What this task involves:
Could you find every line in the entries below that holds the word "bool" and copy it?

Saved entries:
// How much the content of a Body counts with the declarations that its children need: its content,
// and the least bytes that it has in a payload. Both are counted before any of it is copied, and no
// further than the quotas admit.
ghost use Rattle.std.specs.Prelude.{◌≡◌, ◌<◌, ◌^◌, ◌∷◌, [], IfOk, Some, map, nat_le};
ghost use Rattle.nbfx_values.specs.Measures.{capped};
ghost use Rattle.nbfx_values.specs.QuotasOf.{limits_of};
ghost use Rattle.least_payloads.specs.Least.{may_fit};
ghost use Rattle.soap_envelope.specs.Body as body;
ghost use Rattle.soap_envelope.specs.Body.{missing, xmlns_of};
ghost use Rattle.soap_envelope.specs.Fitting.{IsCounted, counted, item_measure, left_behind, measure_of};
ghost use Rattle.soap_envelope.specs.Layers.{kept};

use crate::bindings::Bindings;
use crate::body::is_missing;
use crate::children::open_behind;
use crate::layers::Declared;
use crate::scopes::{declared_in, declared_on};
use least_payloads::{least_of_declaration, least_of_item};
use nbfx_values::{Item, Quotas};
use std::alloc::Global;
use unit_streams::Memory;

// What is counted of items.
#[derive(Clone, Copy)]
pub(crate) enum Measure {
    // Their content.
    Content,
    // The least bytes that they have in a payload.
    Payload,
}

// How much a declaration counts.
fn measure_of_declaration(measure: Measure, one: &Declared<'_>) -> u64
    ensures { result ≡ item_measure measure (xmlns_of (kept one.now)) }
{
    match measure {
        Measure::Content => one.prefix.len() as u64 + one.uri.len() as u64,
        Measure::Payload => least_of_declaration(one.prefix),
    }
}

// How much an item counts, up to 2^64 - 1.
fn measure_of_item(measure: Measure, item: &Item) -> u64
    ensures { result ≡ capped (item_measure measure item.now) }
{
    match measure {
        Measure::Content => item.content(),
        Measure::Payload => least_of_item(item),
    }
}

// How much declarations count, up to 2^64 - 1.
fn sum_of(measure: Measure, declarations: &[Declared<'_>]) -> u64
    ensures { result ≡ capped (measure_of measure (map xmlns_of (map kept declarations.now))) }
{
    let mut sum: u64 = 0;
    for one in declarations {
        sum = sum.saturating_add(measure_of_declaration(measure, one));
    }
    sum
}

// The declarations that children of Body need, and how much all of them count, which is what a
// child costs that has none itself.
#[derive(Drop)]
pub(crate) struct Counted<'n> {
    declarations: &'n [Declared<'n>],
    sum: u64,
}

// What is left of the quotas after the declarations that an element needs and doesn't have itself.
fn left_by_missing(
    measure: Measure,
    left: u64,
    needs: &Counted<'_>,
    own: &Bindings<'_>,
) -> Option<u64>
    requires few { left < 2 ^ 32 }
    requires sum { IsCounted measure needs.now }
    ensures { result ≡ left_behind left
        (measure_of measure (map xmlns_of (missing (counted needs.now) own.now))) }
{
    if own.len() == 0 {
        return left.checked_sub(needs.sum);
    }
    let mut left = left;
    for one in needs.declarations {
        if is_missing(own, one.prefix) {
            left = left.checked_sub(measure_of_declaration(measure, one))?;
        }
    }
    Some(left)
}

// What is left of the quotas after an item.
fn left_by_item(measure: Measure, left: u64, item: &Item) -> Option<u64>
    requires { left < 2 ^ 32 }
    ensures { result ≡ left_behind left (measure_of measure (item.now ∷ [])) }
{
    left.checked_sub(measure_of_item(measure, item))
}

// What is left of the quotas after a child, or the beginning of one, with the declarations that it
// needs.
fn left_by_child(
    alloc: Global,
    measure: Measure,
    left: u64,
    needs: &Counted<'_>,
    item: &Item,
    more: &[Item],
) -> Result<Option<u64>, Memory>
    requires few { left < 2 ^ 32 }
    requires sum { IsCounted measure needs.now }
    ensures { IfOk result (λ behind. behind ≡ left_behind left
        (measure_of measure (body.child_items (counted needs.now) item.now more.now))) }
{
    let Some(left) = left_by_item(measure, left, item) else {
        return Ok(None);
    };
    let own = match item {
        Item::Start { .. } => declared_in(alloc, more)?,
        Item::Array(array) => declared_on(alloc, array.attrs.as_slice())?,
        _ => return Ok(Some(left)),
    };
    Ok(left_by_missing(measure, left, needs, &own))
}

// What is left of the quotas after an item that stands in so many elements within Body.
fn left_by(
    alloc: Global,
    measure: Measure,
    left: u64,
    needs: &Counted<'_>,
    inner: usize,
    item: &Item,
    more: &[Item],
) -> Result<Option<u64>, Memory>
    requires few { left < 2 ^ 32 }
    requires sum { IsCounted measure needs.now }
    ensures { IfOk result (λ behind. behind ≡ left_behind left
        (measure_of measure (body.standing_items (counted needs.now) inner item.now more.now))) }
{
    if inner == 0 {
        left_by_child(alloc, measure, left, needs, item, more)
    } else {
        Ok(left_by_item(measure, left, item))
    }
}

// Whether the items up to the end of the element that holds them, with the declarations that its
// children need, count no more than this.
fn measure_fits(
    alloc: Global,
    measure: Measure,
    most: u32,
    needs: &[Declared<'_>],
    items: &[Item],
) -> Result<bool, Memory>
    ensures { IfOk result (λ fit. fit ≡ nat_le
        (measure_of measure (body.self_standing (map kept needs.now) (Some 0) items.now)) most) }
{
    let counted = Counted {
        declarations: needs,
        sum: sum_of(measure, needs),
    };
    let mut left = most as u64;
    let mut inner = 0;
    for (i, item) in items.iter().enumerate() {
        let Some(open) = open_behind(inner, item) else {
            return Ok(true);
        };
        match left_by(alloc, measure, left, &counted, inner, item, &items[i + 1..])? {
            Some(behind) => left = behind,
            None => return Ok(false),
        }
        inner = open;
    }
    Ok(true)
}

// Whether the same items may fit the quotas.
pub(crate) fn body_may_fit(
    alloc: Global,
    quotas: &Quotas,
    needs: &[Declared<'_>],
    items: &[Item],
) -> Result<bool, Memory>
    ensures { IfOk result (λ fit. fit ≡ may_fit (limits_of quotas.now)
        (body.self_standing (map kept needs.now) (Some 0) items.now)) }
{
    if !measure_fits(alloc, Measure::Payload, quotas.payload, needs, items)? {
        return Ok(false);
    }
    measure_fits(alloc, Measure::Content, quotas.content, needs, items)
}
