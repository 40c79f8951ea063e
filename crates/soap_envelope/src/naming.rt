//! How much names count.

ghost use Rattle.std.specs.Prelude.{◌≡◌, ◌*◌, nat_le};
ghost use Rattle.nbfx_values.specs.QuotasOf.{limits_of};
ghost use Rattle.soap_envelope.specs.Fitting as spec;
ghost use Rattle.soap_envelope.specs.Fitting.{least_of_name, left_behind, names_content};

use crate::blocks::QualifiedName;
use nbfx_values::Quotas;

// How much a name counts, written out.
fn name_content(name: &QualifiedName<'_>) -> u64
    ensures { result ≡ spec.name_content name.now }
{
    name.uri.len() as u64 + name.local.len() as u64
}

// What is left of a quota after these names.
fn left_by_names(left: u64, names: &[QualifiedName<'_>]) -> Option<u64>
    ensures { result ≡ left_behind left (names_content names.now) }
{
    let mut left = left;
    for name in names {
        left = left.checked_sub(name_content(name))?;
    }
    Some(left)
}

// How many bytes the block of a name has at least in any payload: the beginning of its element, a
// declaration with a prefix, and an attribute.
const LEAST_OF_NAME: u64 = 9;

// Whether the least that so many blocks have in a payload is within a quota.
fn blocks_may_fit(quota: u32, count: usize) -> bool
    ensures { result ≡ nat_le (least_of_name * count) quota }
{
    match (count as u64).checked_mul(LEAST_OF_NAME) {
        Some(least) => least <= quota as u64,
        None => false,
    }
}

/// Whether a fault with these names may fit the quotas: the names' content, each with its namespace
/// written out, and the least that their blocks have in a payload. If not, it isn't sent: a document
/// may declare one namespace for thousands of blocks, whose names then take no memory, but the fault
/// has a block with the namespace for each.
pub fn names_fit(quotas: &Quotas, names: &[QualifiedName<'_>]) -> bool
    ensures { result ≡ spec.names_fit (limits_of quotas.now) names.now }
{
    if !blocks_may_fit(quotas.payload, names.len()) {
        return false;
    }
    match left_by_names(quotas.content as u64, names) {
        Some(_) => true,
        None => false,
    }
}
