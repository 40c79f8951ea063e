// The declarations of one element.

// What an element declares a prefix to stand for.
#[derive(Clone, Copy)]
pub(crate) struct Declared<'d> {
    pub(crate) prefix: &'d str,
    pub(crate) uri: &'d str,
}
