//! Envelopes with blocks of any standard.

ghost use Rattle.std.specs.Prelude.{◌≡◌, ◌++◌, IfOk, OnOk};
ghost use Rattle.soap_envelope.specs.Making.{IsContent};
ghost use Rattle.soap_envelope.specs.Plain.{plain_items};

use crate::making::{document, put_ending, put_middle, put_opening};
use crate::moving::put_moved;
use crate::versions::Addressing;
use nbfx_values::{Doc, Items};
use std::alloc::Global;
use unit_streams::Memory;

// An envelope with these blocks and this content of Body.
fn put_plain(
    alloc: Global,
    items: &mut Items,
    version: Addressing,
    blocks: Items,
    body: Items,
) -> Result<(), Memory>
    ensures { OnOk result (items.new ≡ items.old ++ plain_items version blocks body) }
{
    put_opening(alloc, items, version)?;
    put_moved(items, blocks)?;
    put_middle(alloc, items)?;
    put_moved(items, body)?;
    put_ending(items)?;
    Ok(())
}

/// An envelope of SOAP 1.2 whose Header has these blocks, and whose Body has this content. Neither
/// is copied. Both may use the prefixes `s` and `a`, which stand for the namespaces of envelopes
/// and of this version of addressing. It fails without memory, and both are gone then.
pub fn envelope_doc(
    alloc: Global,
    version: Addressing,
    blocks: Items,
    body: Items,
) -> Result<Doc, Memory>
    requires blocks { IsContent blocks }
    requires content { IsContent body }
    ensures { IfOk result (λ doc. doc ≡ plain_items version blocks body) }
{
    let mut items = Items::new(alloc);
    put_plain(alloc, &mut items, version, blocks, body)?;
    Ok(document(items))
}
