// The characters of a value. They are copied only where the value doesn't have them as a text.

ghost use Rattle.std.specs.Prelude.{◌≡◌, IfOk, IfSome, IsTrue, is_some};
ghost use Rattle.std.specs.Fmt.{signed_decimal};
ghost use Rattle.nbfx_values.specs.Characters.{value_characters};
ghost use Rattle.nbfx_values.specs.Scalars.{is_valid_value};
ghost use Rattle.soap_envelope.specs.Spelled.{bytes_of};

use nbfx_values::{Scalar, Txt, Value};
use std::alloc::Global;
use std::marker::Model;
use unit_streams::Memory;

#[derive(Drop)]
enum Spelled<'d> {
    Borrowed(&'d str),
    Owned(Txt),
}

// Characters, which contracts see as the list of their UTF-8 bytes.
#[derive(Drop)]
pub(crate) struct Characters<'d> {
    spelled: Spelled<'d>,
}

impl<'d> Model for Characters<'d> {
    ghost use Rattle.std.specs.Prelude.{ℕ, List};
    ghost use Rattle.soap_envelope.specs.Spelled.{bytes_of};

    ghost Value = { List ℕ };

    ghost view = { λ c. bytes_of c.spelled };
}

impl<'d> Characters<'d> {
    fn borrowed(text: &'d str) -> Characters<'d>
        ensures { result ≡ text.now }
    {
        Characters {
            spelled: Spelled::Borrowed(text),
        }
    }

    fn owned(text: Txt) -> Characters<'d>
        ensures { result ≡ text }
    {
        Characters {
            spelled: Spelled::Owned(text),
        }
    }

    pub(crate) fn as_str(&self) -> &str
        ensures { result.now ≡ self.now }
    {
        match &self.spelled {
            Spelled::Borrowed(text) => text,
            Spelled::Owned(text) => text.as_str(),
        }
    }
}

// The characters of a value that isn't a text, if it has some.
fn written_out<'d>(alloc: Global, value: &'d Value) -> Result<Option<Characters<'d>>, Memory>
    requires { IsTrue (is_valid_value value.now) }
    ensures { IfOk result (λ characters. characters ≡ value_characters value.now) }
{
    match value.characters(alloc)? {
        Some(text) => Ok(Some(Characters::owned(text))),
        None => Ok(None),
    }
}

// The digits of 0 and 1, as attributes have them.
fn usual_digits(number: i128) -> Option<&'static str>
    ensures { IfSome result (λ digits. digits.now ≡ signed_decimal number) }
{
    if number == 0 {
        return Some("0");
    }
    if number == 1 {
        return Some("1");
    }
    None
}

// The characters of a value, if it has some. Those of a text and the usual numbers take no memory.
pub(crate) fn characters_in<'d>(
    alloc: Global,
    value: &'d Value,
) -> Result<Option<Characters<'d>>, Memory>
    requires { IsTrue (is_valid_value value.now) }
    ensures { IfOk result (λ characters. characters ≡ value_characters value.now) }
{
    match value {
        Value::One(Scalar::Text(text)) => Ok(Some(Characters::borrowed(text.as_str()))),
        Value::One(Scalar::Number(number)) => match usual_digits(*number) {
            Some(digits) => Ok(Some(Characters::borrowed(digits))),
            None => written_out(alloc, value),
        },
        _ => written_out(alloc, value),
    }
}

// Whether a value has characters.
pub(crate) fn has_characters(value: &Value) -> bool
    ensures { result ≡ is_some (value_characters value.now) }
{
    match value {
        Value::One(scalar) => match scalar {
            Scalar::Text(_) | Scalar::Number(_) | Scalar::UniqueId(_) | Scalar::Uuid(_) => true,
            Scalar::Truth(true) | Scalar::Truth(false) | Scalar::QName(..) => true,
            _ => false,
        },
        Value::List(_) => false,
    }
}
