//! Items that are put behind others, one by one.

ghost use Rattle.std.specs.Prelude.{◌≡◌, ◌∷◌, ◌++◌, [], IsTrue, OnOk, codes};
ghost use Rattle.std.specs.Str.{is_utf8};
ghost use Rattle.nbfx_values.specs.declared.content.Item.TheVariants as item;
ghost use Rattle.nbfx_values.specs.declared.scalars.Scalar.TheVariants as scalar;
ghost use Rattle.nbfx_values.specs.declared.scalars.Value.TheVariants as value;

use nbfx_values::{Copied, Item, Items, Scalar, Txt, Value};
use std::alloc::Global;
use unit_streams::Memory;

/// Puts the beginning of an element. It fails without memory; what was put before stays.
pub fn put_start(alloc: Global, items: &mut Items, prefix: &str, local: &str) -> Result<(), Memory>
    ensures { OnOk result (items.new ≡ items.old ++ item.Start prefix.now local.now ∷ []) }
{
    let prefix = Txt::of(alloc, prefix)?;
    let local = Txt::of(alloc, local)?;
    items.push(Item::Start { prefix, local })
}

/// Puts a declaration of a prefix. It fails without memory; what was put before stays.
pub fn put_xmlns(alloc: Global, items: &mut Items, prefix: &str, uri: &str) -> Result<(), Memory>
    ensures put { OnOk result (items.new ≡ items.old ++ item.Xmlns prefix.now uri.now ∷ []) }
    ensures utf8 { OnOk result (IsTrue (is_utf8 uri.now)) }
{
    let prefix = Txt::of(alloc, prefix)?;
    let uri = Txt::of(alloc, uri)?;
    items.push(Item::Xmlns { prefix, uri })
}

/// Puts an attribute. It fails without memory; what was put before stays.
pub fn put_attribute(
    alloc: Global,
    items: &mut Items,
    prefix: &str,
    local: &str,
    value: Value,
) -> Result<(), Memory>
    ensures { OnOk result (items.new ≡ items.old ++ item.Attr prefix.now local.now value ∷ []) }
{
    let prefix = Txt::of(alloc, prefix)?;
    let local = Txt::of(alloc, local)?;
    items.push(Item::Attr {
        prefix,
        local,
        value,
    })
}

/// Puts a text. It fails without memory; what was put before stays.
pub fn put_text(items: &mut Items, characters: Txt) -> Result<(), Memory>
    ensures { OnOk result
        (items.new ≡ items.old ++ item.Text (value.One (scalar.Text characters)) ∷ []) }
{
    items.push(Item::Text(Value::One(Scalar::Text(characters))))
}

/// Puts the end of an element. It fails without memory; what was put before stays.
pub fn put_close(items: &mut Items) -> Result<(), Memory>
    ensures { OnOk result (items.new ≡ items.old ++ item.Close ∷ []) }
{
    items.push(Item::Close)
}

/// Puts copies of items. It fails without memory; what was put before stays, and some of the copies
/// may.
pub fn put_copies(items: &mut Items, more: &[Item]) -> Result<(), Memory>
    ensures { OnOk result (items.new ≡ items.old ++ more.now) }
{
    for item in more {
        items.push(item.copy()?)?;
    }
    Ok(())
}
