// Items that change place, and aren't copied.
ghost use Rattle.std.specs.Prelude.{◌≡◌, ◌++◌, ◌≤◌, OnOk, drop, length, take};

use nbfx_values::{Items, Sequence};
use unit_streams::Memory;

// Puts a list behind another. Without memory, what was put before stays.
pub(crate) fn put_moved<T: Drop>(out: &mut Sequence<T>, more: Sequence<T>) -> Result<(), Memory>
    ensures { OnOk result (out.new ≡ out.old ++ more) }
{
    for one in more.into_vec() {
        out.push(one)?;
    }
    Ok(())
}

// The items from a place on, and behind them those before it. They keep their memory.
pub(crate) fn turned(items: Items, first: usize) -> Items
    requires { first ≤ length items }
    ensures { result ≡ drop first items ++ take first items }
{
    let mut items = items.into_vec();
    items.rotate_left(first);
    Items::from_vec(items)
}

// The items from a place on. They keep the memory of all.
pub(crate) fn rest(items: Items, first: usize) -> Items
    requires { first ≤ length items }
    ensures { result ≡ drop first items }
{
    let left = items.len() - first;
    first_of(turned(items, first), left)
}

// So many items. They keep the memory of all.
pub(crate) fn first_of(items: Items, count: usize) -> Items
    ensures { result ≡ take count items }
{
    let mut items = items.into_vec();
    items.truncate(count);
    Items::from_vec(items)
}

Answer to this exercise:
) -> Result<bool, Memory>
) -> Result<bool, Memory>
fn blocks_may_fit(quota: u32, count: usize) -> bool
pub fn names_fit(quotas: &Quotas, names: &[QualifiedName<'_>]) -> bool
pub(crate) fn has_characters(value: &Value) -> bool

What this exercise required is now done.